Paulus wird sich auch nicht gedacht haben: Dass Nehmen ganz schlimm ist, sag ich den Ephesern jetzt nicht, die können sich ja selbst denken, dass das von meinem Spruch logisch nicht ausgeschlossen wird.
 
Ich denke, eine von Menschen benutzte Sprache ist nicht rein logisch wie Mathe, sondern transportiert auch implizit Inhalte. Wer sagt, dass Peter besser in der Schule ist als Paul, lässt damit durchblicken, dass Paul zumindest nicht abgrundtief schlecht ist. Sonst würde man eher sagen, Peter ist, anders als Paul, ein ganz ordentlicher Schüler oder so was.

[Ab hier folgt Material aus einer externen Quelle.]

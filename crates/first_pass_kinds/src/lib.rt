//! The block that begins at a place, and the lines that interrupt a paragraph.
#![tactic(auto)]

pub mod interrupt;
pub mod kinds;
pub mod next_front;
pub mod table_start;
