/// Returns the rest of the first line of `bytes` after its container prefixes and its indentation. The line follows a
/// block quote's tag or a link reference definition, and may continue any number of open containers. `bytes` is all the
/// text from the line on. Returns `None` if the line is at fewer than four columns and would interrupt a paragraph:
/// then it is read like any other. Fails only if an allocation fails, which can happen only if the line may head a
/// table.
#[tactic(auto, unfolding(first_pass_grammar::specs::Kinds::interrupts))]
pub fn scan_flowing_line<'b>(
    source: &Source<'_>,
    bytes: &'b [u8],
    tree: &Tree<Item>,
) -> Result<Option<LineStart<'b>>, AllocError>
    ensures value { IfOk result (λ rest.
        rest ≡ (if is_ordinary_after_tag (context_of source.now.options tree.now) (line_rest bytes.now)
        then None
        else Some (all_taken (front (path_of source.now.options tree.now) (line_rest bytes.now))))) }
    ensures err { OnErr result (line_may_head_table (context_of source.now.options tree.now)
        (line_rest bytes.now) ≡ true) }
{
    let front = front_of(bytes, tree, source.options);
    let mut rest = front.rest;
    if scan_indentation(&mut rest) >= 4 {
        return Ok(Some(rest));
    }
    if scan_interruption(source, tree, rest.left(), front.continued)? {
        return Ok(None);
    }
    Ok(Some(rest))
}

// Whether a line with this rest interrupts a paragraph. The line continues the outermost `kept` open nodes; `columns`
// is its indentation before the rest, or 4 if there is more.
#[inline(always)]
fn scan_paragraph_end(
    source: &Source<'_>,
    tree: &Tree<Item>,
    rest: &LineStart<'_>,
    columns: usize,
    kept: usize,
) -> Result<bool, AllocError>
    ensures value { IfOk result (λ yes. yes ≡ (if nat_lt columns 4
        then interrupts_in (context_of source.now.options tree.now)
        (continued_to source.now.options tree.now kept) rest.now.left
        else at_line_end rest.now.left)) }
    ensures err { OnErr result ((nat_lt columns 4
        && may_head_table (context_of source.now.options tree.now) rest.now.left) ≡ true) }
{
    if columns < 4 {
        scan_interruption(source, tree, rest.left(), kept)
    } else {
        Ok(scan_eol(rest.left()).is_some())
    }
}

// Whether the rest of a line is the underline of a setext heading. `columns` is the indentation before it, or 4 if
// there is more (CommonMark 4.3).
fn is_underline(bytes: &[u8], columns: usize) -> bool
    ensures { result ≡ (nat_lt columns 4 && is_some (setext_underline bytes.now)) }
{
    columns < 4 && scan_setext_heading(bytes).is_some()
}
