//! The lines that head a table (GFM 4.10).

ghost use Rattle.first_pass_grammar.specs.TableHeads.{table_at, table_interrupts, ends_in_backslash, headed_table};
ghost use Rattle.first_pass_items.specs.Bytes.{backslash, colon, pipe};
ghost use Rattle.first_pass_kinds.specs.Memory.{may_head_table};
ghost use Rattle.first_pass_kinds.specs.TableHeads.{table_head_len};
ghost use Rattle.first_pass_lines.specs.Lines.{begins, is_content, line_len};
ghost use Rattle.first_pass_lines.specs.Plain.{begins_inert};
ghost use Rattle.first_pass_open.specs.Path.{path_of, context_of};
ghost use Rattle.std.specs.List.{prefix_len, suffix_len};
ghost use Rattle.std.specs.Option.{option_map};
ghost use Rattle.std.specs.Prelude.{◌≡◌, ◌≤◌, ◌+◌, ◌==◌, ◌&&◌, ◌||◌, not, length, drop, true, IfOk, IfSome, OnOk, OnErr, IsUtf8, IsCharBoundary};

use bitflags::Flags;
use first_pass_items::item::{Alignment, Item};
use first_pass_items::option_set::Options;
use first_pass_lines::lines::{begins, content_len, is_inert_front, scan_eol, scan_nextline};
use first_pass_lines::places::rest_of;
use first_pass_open::front::front_of;
use first_pass_open::source::Source;
use first_pass_scan::pipes::has_pipe_in_line;
use first_pass_scan::table_start::{scan_delimiter_row, scan_head_columns};
use first_pass_tree::forest::Tree;
use std::alloc::AllocError;

/// The table that a line heads.
#[derive(Drop)]
pub struct HeadedTable {
    /// The alignments of its columns.
    pub alignments: Vec<Alignment>,
    // The number of bytes of the header row, without its line ending.
    row_content: usize,
    /// The number of bytes from the start of the header row to the end of the delimiter row. It includes both line
    /// endings, and the container prefixes before the delimiter row.
    pub table_head_len: usize,
}

// Whether `bytes` has a first byte, and it is no space, tab, `>`, bullet, digit, `|` or `:`. Then its first line is no
// delimiter row, whichever containers are open.
#[inline(always)]
fn begins_no_row(bytes: &[u8]) -> bool
    ensures { result ≡ (begins_inert bytes.now && not (begins pipe bytes.now || begins colon bytes.now)) }
{
    is_inert_front(bytes) && !matches!(bytes, [b'|' | b':', ..])
}

// The length of the first line of `bytes` with its line ending. Without that, its length is `content`.
#[inline(always)]
#[tactic(auto, unfolding(first_pass_lines::specs::Lines::line_len))]
fn line_len(bytes: &[u8], content: usize) -> usize
    requires content { content ≡ prefix_len is_content bytes.now }
    requires within { content ≤ length bytes.now }
    ensures value { result ≡ line_len bytes.now }
    ensures within { result ≤ length bytes.now }
{
    match scan_eol(&bytes[content..]) {
        Some(end) => content + end,
        None => content,
    }
}

// The table whose header row is the first line of `bytes`. `bytes` extends from there to the end of the text, or to an
// earlier end that a caller sets. The alignments are those of the delimiter row in the next line, if that line
// continues all open containers and the header row has as many columns. The first byte of the next line often rules
// out a delimiter row.
#[tactic(auto, unfolding(first_pass_grammar::specs::TableHeads::table_at))]
fn scan_table_at(
    source: &Source<'_>,
    tree: &Tree<Item>,
    bytes: &[u8],
) -> Result<Option<HeadedTable>, AllocError>
    ensures value { IfOk result (λ found. option_map (λ t. t.alignments.items) found
        ≡ table_at (path_of source.now.options tree.now) bytes.now) }
    ensures head { IfOk result (λ found. IfSome found (λ t. t.table_head_len ≡ table_head_len bytes.now)) }
    ensures within { IfOk result (λ found. IfSome found (λ t. t.table_head_len ≤ length bytes.now)) }
    ensures content { IfOk result (λ found. IfSome found (λ t. t.row_content ≡ prefix_len is_content bytes.now)) }
{
    let row_content = content_len(bytes);
    let row_len = line_len(bytes, row_content);
    let after = rest_of(bytes, row_len);
    if begins_no_row(after) {
        return Ok(None);
    }
    let front = front_of(after, tree, source.options);
    if !front.continues_all {
        return Ok(None);
    }
    let Some(alignments) = scan_delimiter_row(source.alloc, &front.rest)? else {
        return Ok(None);
    };
    if alignments.len() != scan_head_columns(bytes, row_content) {
        return Ok(None);
    }
    Ok(Some(HeadedTable {
        alignments,
        row_content,
        table_head_len: row_len + scan_nextline(after),
    }))
}

/// Returns whether a table interrupts a paragraph at the first line of `bytes`, its header row (GFM 4.10). `bytes` is
/// all the rest of the text. Returns `false` without `ENABLE_TABLES`, or if the line does not begin with a pipe (this
/// project). Fails only if an allocation fails, which can happen only if `ENABLE_TABLES` is set and the line begins
/// with a pipe.
#[inline(always)]
pub fn interrupts_as_table(
    source: &Source<'_>,
    tree: &Tree<Item>,
    bytes: &[u8],
) -> Result<bool, AllocError>
    ensures value { IfOk result (λ yes. yes ≡ table_interrupts (context_of source.now.options tree.now) bytes.now) }
    ensures err { OnErr result (may_head_table (context_of source.now.options tree.now) bytes.now ≡ true) }
{
    if !begins(b'|', bytes) || !source.options.contains(Options::ENABLE_TABLES) {
        return Ok(false);
    }
    Ok(scan_table_at(source, tree, bytes)?.is_some())
}

// The number of backslashes at the end.
fn scan_last_backslashes(bytes: &[u8]) -> usize
    ensures { result ≡ suffix_len (λ b. b == backslash) bytes.now }
{
    bytes.iter().rev().take_while(|b| **b == b'\\').count()
}

// Whether the first line of `bytes`, of `content` bytes without its line ending, ends in an odd number of backslashes.
fn ends_in_backslash(bytes: &[u8], content: usize) -> bool
    requires { content ≡ prefix_len is_content bytes.now }
    ensures { result ≡ ends_in_backslash bytes.now }
{
    scan_last_backslashes(&bytes[..content]) % 2 == 1
}

/// Returns the table whose header row is the first line of `bytes`, given that no container or other block begins
/// there. `bytes` extends from there to the end of the text, or to an earlier end that the caller sets. Returns `None`
/// if the line is no header row; then it is the first line of paragraph text. A header row needs `ENABLE_TABLES`. It
/// has as many columns as the delimiter row in the next line, and does not end in an odd number of backslashes (GFM
/// 4.10, and this project). Fails only if an allocation fails.
#[tactic(auto, unfolding(first_pass_grammar::specs::TableHeads::headed_table))]
pub fn scan_headed_line(
    source: &Source<'_>,
    tree: &Tree<Item>,
    bytes: &[u8],
) -> Result<Option<HeadedTable>, AllocError>
    ensures value { IfOk result (λ found. option_map (λ t. t.alignments.items) found
        ≡ headed_table (context_of source.now.options tree.now) bytes.now) }
    ensures head { IfOk result (λ found. IfSome found (λ t. t.table_head_len ≡ table_head_len bytes.now)) }
    ensures within { IfOk result (λ found. IfSome found (λ t. t.table_head_len ≤ length bytes.now)) }
{
    if !source.options.contains(Options::ENABLE_TABLES) {
        return Ok(None);
    }
    // Most paragraphs begin with a line without a pipe.
    if !has_pipe_in_line(bytes) {
        return Ok(None);
    }
    let Some(table) = scan_table_at(source, tree, bytes)? else {
        return Ok(None);
    };
    if ends_in_backslash(bytes, table.row_content) {
        Ok(None)
    } else {
        Ok(Some(table))
    }
}

/// Returns the table whose header row begins at `start`, given that no container or other block begins there. `start`
/// is an offset into the text. Returns `None` if paragraph text begins there (see `scan_headed_line`). Fails only if an
/// allocation fails.
pub fn scan_headed_table(
    source: &Source<'_>,
    tree: &Tree<Item>,
    start: usize,
) -> Result<Option<HeadedTable>, AllocError>
    requires { IsCharBoundary source.now.text.now start }
    ensures value { IfOk result (λ found. option_map (λ t. t.alignments.items) found
        ≡ headed_table (context_of source.now.options tree.now) (drop start source.now.text.now)) }
    ensures head { IfOk result (λ found. IfSome found (λ t.
        t.table_head_len ≡ table_head_len (drop start source.now.text.now))) }
    ensures within { IfOk result (λ found. IfSome found (λ t. start + t.table_head_len ≤ length source.now.text.now)) }
    ensures utf8 { OnOk result (IsUtf8 source.now.text.now) }
{
    let bytes = rest_of(source.text.as_bytes(), start);
    let found = scan_headed_line(source, tree, bytes)?;
    Ok(found)
}
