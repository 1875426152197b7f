//! The front of the line that follows a paragraph. It is found while the end of the paragraph is sought, and is needed
//! again where the line is read.

ghost use Rattle.std.specs.Prelude.{◌≡◌, false};

use first_pass_scan::line_start::LineStart;

/// The front of the next unread line, if it is known. This is not an `Option`, so that forgetting the front writes a
/// single byte.
#[derive(Drop)]
pub struct NextFront<'a> {
    /// Whether the front is known. If it never was, the other fields have no meaning.
    pub is_known: bool,
    /// The number of open nodes that the line continues.
    pub continued: usize,
    /// The rest of the text after the container prefixes of the line.
    pub rest: LineStart<'a>,
}

impl<'a> NextFront<'a> {
    /// Returns a value in which no front is known.
    pub fn new(text: &'a str) -> NextFront<'a>
        ensures { result.is_known ≡ false }
    {
        NextFront {
            is_known: false,
            continued: 0,
            rest: LineStart::new(text.as_bytes()),
        }
    }
}
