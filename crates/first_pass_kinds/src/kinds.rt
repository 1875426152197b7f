//! The block that begins at a place in a line.

ghost use Rattle.first_pass_grammar.specs.Kinds.{html_kind, later_kind, metadata_at, IsKind, unindented};
ghost use Rattle.first_pass_kinds.specs.BlockStart.{kind_of, IsFoundWithCondition};
ghost use Rattle.first_pass_lines.specs.Lines.{atx_level};
ghost use Rattle.first_pass_lines.specs.Places.{IsPlaceOf};
ghost use Rattle.first_pass_lines.specs.Rest.{indent};
ghost use Rattle.first_pass_scan.specs.MetadataSearch.{IsKnownOf};
ghost use Rattle.std.specs.Option.{option_map};
ghost use Rattle.std.specs.Prelude.{◌≡◌, ◌+◌, ◌≤◌, min, length, drop, Some, None, IfSome};

use bitflags::Flags;
use first_pass_html::ends::HtmlEnd;
use first_pass_html::starts::{get_html_end_tag, starts_html_block_type_6};
use first_pass_html::tags::scan_html_type_7;
use first_pass_items::item::HeadingLevel;
use first_pass_items::option_set::Options;
use first_pass_lines::lines::{scan_atx_heading, scan_blank_line};
use first_pass_open::indentation::scan_indentation;
use first_pass_open::place::Place;
use first_pass_open::source::Source;
use first_pass_scan::leaf_scan::{scan_code_fence, scan_hrule};
use first_pass_scan::metadata_search::{MetadataEnds, metadata_at};

/// The block that begins at a place at which no container begins: its kind, and the values that were read with it.
#[derive(Clone, Copy)]
pub enum BlockStart {
    /// A blank line (CommonMark 4.9).
    Blank,
    /// Link reference definitions, a paragraph, a setext heading or a table (CommonMark 4.7, 4.8, 4.3, GFM 4.10).
    Paragraph,
    /// An HTML block that ends before a blank line: type 6 or 7 (CommonMark 4.6).
    HtmlToBlank,
    /// Another leaf block.
    Marked(MarkedLeaf),
}

/// A leaf block that is recognized by its indentation or by the mark at its start. HTML blocks of types 6 and 7 are not
/// among these: they are `BlockStart::HtmlToBlank`.
#[derive(Clone, Copy)]
pub enum MarkedLeaf {
    /// Indented code (CommonMark 4.4).
    IndentedCode,
    /// A metadata block, with the byte of its marks: `-` or `+`.
    Metadata(u8),
    /// An HTML block of types 1 to 5, with its end condition (CommonMark 4.6).
    HtmlToEnd(HtmlEnd),
    /// A thematic break, with its length in bytes, its line ending included (CommonMark 4.1).
    ThematicBreak(usize),
    /// An ATX heading (CommonMark 4.2).
    AtxHeading(HeadingLevel),
    /// A fenced code block, with the length of its fence and the byte of the fence (CommonMark 4.5).
    FencedCode(usize, u8),
}

/// Returns the HTML block of types 1 to 6 that begins here, if there is one (CommonMark 4.6).
#[inline(always)]
pub fn html_kind(bytes: &[u8]) -> Option<BlockStart>
    ensures kind { option_map kind_of result ≡ html_kind bytes.now }
    ensures end { IfSome result (λ found. IsFoundWithCondition bytes.now found) }
{
    let [b'<', rest @ ..] = bytes else {
        return None;
    };
    if let Some(end) = get_html_end_tag(rest) {
        return Some(BlockStart::Marked(MarkedLeaf::HtmlToEnd(end)));
    }
    if starts_html_block_type_6(rest) {
        return Some(BlockStart::HtmlToBlank);
    }
    None
}

// The thematic break, the fenced code block or the paragraph that begins here. The bytes begin no ATX heading.
fn later_kind(bytes: &[u8]) -> BlockStart
    requires { atx_level bytes.now ≡ None }
    ensures kind { kind_of result ≡ later_kind bytes.now }
    ensures end { IsFoundWithCondition bytes.now result }
{
    if let Some(size) = scan_hrule(bytes) {
        return BlockStart::Marked(MarkedLeaf::ThematicBreak(size));
    }
    match scan_code_fence(bytes) {
        Some((count, byte)) => BlockStart::Marked(MarkedLeaf::FencedCode(count, byte)),
        None => BlockStart::Paragraph,
    }
}

// The byte of the metadata block at the offset `at` into the text. A metadata block has no columns before it.
fn scan_metadata(
    text: &[u8],
    at: usize,
    columns: usize,
    options: Options,
    ends: &mut MetadataEnds,
) -> Option<u8>
    requires known { IsKnownOf text.now ends.old }
    requires within { at ≤ length text.now }
    ensures value { result ≡ metadata_at columns options (drop at text.now) }
    ensures known { IsKnownOf text.now ends.new }
{
    if columns > 0 {
        return None;
    }
    let yaml = options.contains(Options::ENABLE_YAML_STYLE_METADATA_BLOCKS);
    let pluses = options.contains(Options::ENABLE_PLUSES_DELIMITED_METADATA_BLOCKS);
    metadata_at(text, at, yaml, pluses, ends)
}

/// Returns the block that begins at a place at which no container begins, and the columns before it, or 4 if there
/// are more. Moves the place past all these columns (CommonMark 4).
pub fn kind_at<'a>(
    source: &Source<'_>,
    place: &mut Place<'a>,
    ends: &mut MetadataEnds,
) -> (BlockStart, usize)
    requires place { IsPlaceOf source.now.text.now place.old }
    requires known { IsKnownOf source.now.text.now ends.old }
    ensures kind { IsKind source.now.options place.old.rest (kind_of result.0) }
    ensures end { IsFoundWithCondition (unindented place.old).rest.left result.0 }
    ensures columns { result.1 ≡ min 4 (indent place.old.rest) }
    ensures place { place.new ≡ unindented place.old }
    ensures known { IsKnownOf source.now.text.now ends.new }
{
    let blank = scan_blank_line(place.rest.left()).is_some();
    let columns = scan_indentation(&mut place.rest);
    if blank {
        return (BlockStart::Blank, columns);
    }
    if columns >= 4 {
        return (BlockStart::Marked(MarkedLeaf::IndentedCode), columns);
    }
    // An ATX heading is tried before metadata, HTML blocks and thematic breaks, which precede it in the grammar: none
    // of these begins with `#`.
    if let Some(level) = scan_atx_heading(place.rest.left()) {
        return (BlockStart::Marked(MarkedLeaf::AtxHeading(level)), columns);
    }
    let bytes = source.text.as_bytes();
    let at = place.line + place.rest.bytes_scanned();
    if let Some(byte) = scan_metadata(bytes, at, columns, source.options, ends) {
        return (BlockStart::Marked(MarkedLeaf::Metadata(byte)), columns);
    }
    let left = place.rest.left();
    if let Some(found) = html_kind(left) {
        return (found, columns);
    }
    if scan_html_type_7(left).is_some() {
        return (BlockStart::HtmlToBlank, columns);
    }
    (later_kind(left), columns)
}
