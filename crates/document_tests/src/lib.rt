// Tests of the crate `document`.
#![tactic(auto)]

#[cfg(test)]
mod tests;
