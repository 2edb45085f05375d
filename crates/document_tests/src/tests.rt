// The boundaries of the law, and memory used again.
use document::store::*;
use refusal::Reason;
use std::process::Abort;
use std::test::Fail;
use steps::parts::*;

const LIST: Holder = Holder::List {
    kind: ListKind::Block,
    head: 0,
};

const OBJECT: Holder = Holder::Object {
    owner: false,
    self_mark: false,
    class: 0,
    on_set: 0,
    arity: 0,
};

fn nothing<'v>() -> Value<'v> {
    Value::Nothing
}

fn letter<'v>(codepoint: u32) -> Value<'v> {
    Value::Char(codepoint)
}

fn put(store: &mut Store<'_>, name: &[u8], value: Value<'_>) -> Result<u32, Reason> {
    let label = Label {
        new_line: false,
        name,
    };
    store.put(label, value)
}

fn put_text(store: &mut Store<'_>, name: &[u8], codepoints: &[u32]) -> Result<u32, Reason> {
    let value = Value::Text {
        kind: TextKind::String,
        head: 0,
        codepoints,
    };
    put(store, name, value)
}

fn open(store: &mut Store<'_>, holder: Holder) -> Result<u32, Reason> {
    let label = Label {
        new_line: false,
        name: b"",
    };
    store.open(label, holder)
}

fn share(store: &mut Store<'_>, share: Share, target: Node) -> Result<u32, Reason> {
    let label = Label {
        new_line: true,
        name: b"",
    };
    store.share(label, share, target)
}

// By number, as people and programs name a reason.
fn refused(answer: Result<u32, Reason>, number: u32) -> bool {
    match answer {
        Ok(_) => false,
        Err(why) => why.number() == number,
    }
}

// The deepest value has the depth 32.
fn go_deep(rt: &impl Abort, store: &mut Store<'_>) -> Result<(), Fail> {
    for _ in 0..32 {
        assert!(rt; open(store, LIST).is_ok());
    }
    assert!(rt; refused(put(store, b"", nothing()), 13));
    assert!(rt; store.close().is_ok());
    assert!(rt; put(store, b"", nothing()).is_ok());
    Ok(())
}

#[test]
fn depth(rt: HostRuntime) -> Result<(), Fail> {
    let mut cells = [FREE; 34];
    let mut codepoints = [0u32; 1];
    let mut names = [0u8; 1];
    go_deep(
        &rt,
        &mut Store::new(Memories {
            cells: &mut cells,
            codepoints: &mut codepoints,
            names: &mut names,
        }),
    )
}

// A name in an object has 1 to 255 bytes, and there is none elsewhere.
fn try_names(rt: &impl Abort, store: &mut Store<'_>, long: &[u8; 256]) {
    assert!(rt; refused(put(store, b"a", nothing()), 18));
    assert!(rt; open(store, OBJECT).is_ok());
    assert!(rt; refused(put(store, long, nothing()), 18));
    assert!(rt; refused(put(store, b"", nothing()), 18));
    assert!(rt; put(store, &long[1..], nothing()).is_ok());
}

#[test]
fn names(rt: HostRuntime) {
    let mut cells = [FREE; 2];
    let mut codepoints = [0u32; 1];
    let mut names = [0u8; 256];
    let mut store = Store::new(Memories {
        cells: &mut cells,
        codepoints: &mut codepoints,
        names: &mut names,
    });
    try_names(&rt, &mut store, &[97; 256]);
}

#[test]
fn ranges(rt: HostRuntime) {
    let mut cells = [FREE; 2];
    let mut codepoints = [0u32; 1];
    let mut names = [0u8; 1];
    let mut store = Store::new(Memories {
        cells: &mut cells,
        codepoints: &mut codepoints,
        names: &mut names,
    });
    assert!(rt; refused(put(&mut store, b"", letter(1_114_112)), 19));
    assert!(rt; put(&mut store, b"", letter(1_114_111)).is_ok());
    let kind = ListKind::Path;
    let above = Holder::List {
        kind,
        head: 2_147_483_648,
    };
    assert!(rt; refused(open(&mut store, above), 19));
    let most = Holder::List {
        kind,
        head: 2_147_483_647,
    };
    assert!(rt; open(&mut store, most).is_ok());
}

// Two cells, three codepoints and two name bytes are used to the last, and again after a take back.
fn fill(rt: &impl Abort, store: &mut Store<'_>, points: &[u32; 4]) {
    assert!(rt; open(store, OBJECT).is_ok());
    assert!(rt; refused(put_text(store, b"ab", points), 14));
    assert!(rt; refused(put_text(store, b"abc", &points[1..]), 14));
    assert!(rt; put_text(store, b"ab", &points[1..]).is_ok());
    assert!(rt; refused(put(store, b"a", nothing()), 14));
    assert!(rt; store.take_back().is_ok());
    assert!(rt; put_text(store, b"ab", &points[1..]).is_ok());
}

#[test]
fn memory(rt: HostRuntime) {
    let mut cells = [FREE; 2];
    let mut codepoints = [0u32; 3];
    let mut names = [0u8; 2];
    let mut store = Store::new(Memories {
        cells: &mut cells,
        codepoints: &mut codepoints,
        names: &mut names,
    });
    fill(&rt, &mut store, &[65; 4]);
}

// Of 16,385 cells 16,384 are used.
fn fill_cells(rt: &impl Abort, store: &mut Store<'_>) -> Result<(), Fail> {
    for _ in 0..16_384 {
        assert!(rt; put(store, b"", nothing()).is_ok());
    }
    assert!(rt; refused(put(store, b"", nothing()), 14));
    Ok(())
}

#[test]
fn limit(rt: HostRuntime) -> Result<(), Fail> {
    let mut cells = [FREE; 16_385];
    let mut codepoints = [0u32; 1];
    let mut names = [0u8; 1];
    let mut store = Store::new(Memories {
        cells: &mut cells,
        codepoints: &mut codepoints,
        names: &mut names,
    });
    fill_cells(&rt, &mut store)
}

// A share's target is a value of its family that is no share, and may still be open.
fn try_shares(rt: &impl Abort, store: &mut Store<'_>) {
    let list = Share::List {
        kind: ListKind::Paren,
        head: 1,
    };
    let object = Share::Object { owner: true };
    assert!(rt; refused(share(store, list, Node::At(0)), 19));
    assert!(rt; open(store, LIST).is_ok());
    assert!(rt; refused(share(store, object, Node::At(0)), 19));
    assert!(rt; refused(share(store, list, Node::Root), 19));
    assert!(rt; share(store, list, Node::At(0)).is_ok());
    assert!(rt; refused(share(store, list, Node::At(1)), 19));
    assert!(rt; refused(share(store, list, Node::At(2)), 19));
}

// What was begun and closed is taken back, step by step.
fn take_all_back(rt: &impl Abort, store: &mut Store<'_>) -> Result<(), Fail> {
    assert!(rt; store.close().is_ok());
    assert!(rt; put_text(store, b"", &[65, 66]).is_ok());
    for _ in 0..4 {
        assert!(rt; store.take_back().is_ok());
    }
    assert!(rt; store.take_back().is_err());
    assert!(rt; store.close().is_err());
    Ok(())
}

#[test]
fn shares_and_back(rt: HostRuntime) -> Result<(), Fail> {
    let mut cells = [FREE; 3];
    let mut codepoints = [0u32; 2];
    let mut names = [0u8; 1];
    let mut store = Store::new(Memories {
        cells: &mut cells,
        codepoints: &mut codepoints,
        names: &mut names,
    });
    try_shares(&rt, &mut store);
    take_all_back(&rt, &mut store)
}
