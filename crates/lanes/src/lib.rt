// The variables that stay in lanes, and their extraction.
//
// `homes` has for each variable, by half its code, one more than four times its register plus its
// lane, or 0 where it is in memory.

#![tactic(auto)]

ghost use Rattle.std.specs.Prelude.{◌≡◌};
ghost use Rattle.lanes.specs.Homes.{in_lanes, home_at, set_home, land_tuple, extract_code, extract_tuple, extract_live};

use encode::Written;
use registers::Tuple;

fn home(homes: &[u16], code: u64) -> u16
    ensures { result ≡ home_at homes.now code }
{
    slices::at_or(homes, (code / 2) as usize, 0)
}

// Nothing has the code 0, and no home.
pub fn set_home(homes: &mut [u16], code: u64, value: u16)
    ensures { homes.new ≡ set_home homes.old code value }
{
    let place = (code / 2) as usize;
    if 0 < place {
        slices::put(homes, place, value);
    }
}

// "A variable written by a pack stays in its lane." The lowest lane that has it counts.
pub fn land(homes: &mut [u16], tuple: Tuple, r: u8)
    ensures { homes.new ≡ land_tuple tuple r homes.old }
{
    let first = 4 * u16::from(r) + 1;
    set_home(homes, tuple.lanes[3], first + 3);
    set_home(homes, tuple.lanes[2], first + 2);
    set_home(homes, tuple.lanes[1], first + 1);
    set_home(homes, tuple.lanes[0], first);
}

// "X then comes before that instruction, once per value"
#[tactic(auto, unfolding(crate::specs::Homes::extract_code))]
pub fn extract(out: &mut [u8], homes: &mut [u16], w: Written, code: u64) -> Written
    ensures { in_lanes out.new homes.new result
        ≡ extract_code code (in_lanes out.old homes.old w) }
{
    let found = home(homes, code);
    if found == 0 {
        return w;
    }
    set_home(homes, code, 0);
    let lane = u64::from(found - 1);
    encode::write_x(
        out,
        w,
        rows::low_byte(lane / 4),
        (lane % 4) as u8,
        codes::variable_of(code),
    )
}

// "in operand order"
pub fn extract_each(out: &mut [u8], homes: &mut [u16], w: Written, tuple: Tuple) -> Written
    ensures { in_lanes out.new homes.new result
        ≡ extract_tuple tuple (in_lanes out.old homes.old w) }
{
    let mut written = w;
    for code in tuple.lanes {
        written = extract(out, homes, written, code);
    }
    written
}

// "At the end, X for each live-out variable still in a lane, ascending."
#[tactic(auto, unfolding(crate::specs::Homes::extract_live), using(basics::proofs::Counting::count_more))]
pub fn extract_live(out: &mut [u8], homes: &mut [u16], from: Written, live: u8) -> Written
    ensures { in_lanes out.new homes.new result
        ≡ extract_live live (in_lanes out.old homes.old from) }
{
    let mut w = from;
    for v in 0..live {
        w = extract(out, homes, w, 2 + 2 * u64::from(v));
    }
    w
}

Paulus wird sich auch nicht gedacht haben: Dass Nehmen ganz schlimm ist, sag ich den Ephesern jetzt nicht, die können sich ja selbst denken, dass das von meinem Spruch logisch nicht ausgeschlossen wird.


Nein, das ist doch falsch. Darüber, wie gut Peter und Paul in der Schule sind, wird nichts ausgesagt. Denkbar wäre, Peter ist sehr gut in der Schule und Paul nur durchschnittlich oder Peter ist durchschnittlich und Paul sehr schlecht, aber auch Peter hat nur Einser und Paul bleibt sitzen.